A group of scientists have found the real mechanism on how plants add new cell layers that help them resist climate stressors like drought or flooding. The research funded by the US National Science Foundation focused on corn — a critically important crop around the world — to create a cell-by-cell map of the plant’s root system, which mediates drought stress and absorbs nutrients and fertilizer from the soil.
Senior author of the study Kenneth Birnbaum (New York University) said that they detected how corn expands its cortex tissue, which makes up much of the crop’s root system. The analysis was published in the journal Science. “Adding layers to the cortex tissue is a key evolutionary feature that generates ways for plants to tolerate drought and flooding and improve nutrient uptake,” the author noted.
The traits are “critical targets to allow plants to withstand global warming and reduce the carbon footprint of crops,” said Birnbaum.
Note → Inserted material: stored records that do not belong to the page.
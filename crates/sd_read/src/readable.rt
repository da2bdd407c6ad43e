//! The law that a program which was read is well formed, over definitions alone.
//!
//! What each accepted line and each block that ends keeps holds where the last line was read
//! (`proofs/readable_lemmas/kept`). On that stand facts on the lines of a text (`proofs/readable_lemmas/lines`), on each statement in its
//! place (`proofs/readable_lemmas/places`) and on what is counted (`proofs/readable_lemmas/counts`), and `proofs/readable_lemmas/Fields.antt` has them all.
//! `specs/readable/Levels.antt` says how many levels the expressions of a program have.
mod laws;

pub use laws::a_program_that_was_read_is_well_formed;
The research was held in collaboration with Cold Spring Harbor Laboratory and the University of Pennsylvania To create a single-cell map of the corn root, the researchers first broke apart the root using cell-wall digesting enzymes to generate single, free-floating cells.
MAPPING CELLS
New approaches then allowed them to analyze the mRNA content of individual cells, distinguishing molecular features that lead to specific types of specialized cells. They next mapped the cells back to their location in the corn root, akin to assembling a 10,000-piece jigsaw puzzle without a guide. To solve the puzzle, the researchers used fluorescent dyes that penetrated root tissues at variable depths to label and isolate different layers, like separating the layers of an onion, giving them gene landmarks. “The ability to leverage advances in genomics technologies allowed this research team to distinguish and spatially map individual cell types in the corn root, leading to significant new clues about how plants can adapt and survive in the face of fluctuations in environmental conditions due to climate change,” said Diane Okamuro, a program director in NSF’s Division of Integrative Organismal Biology.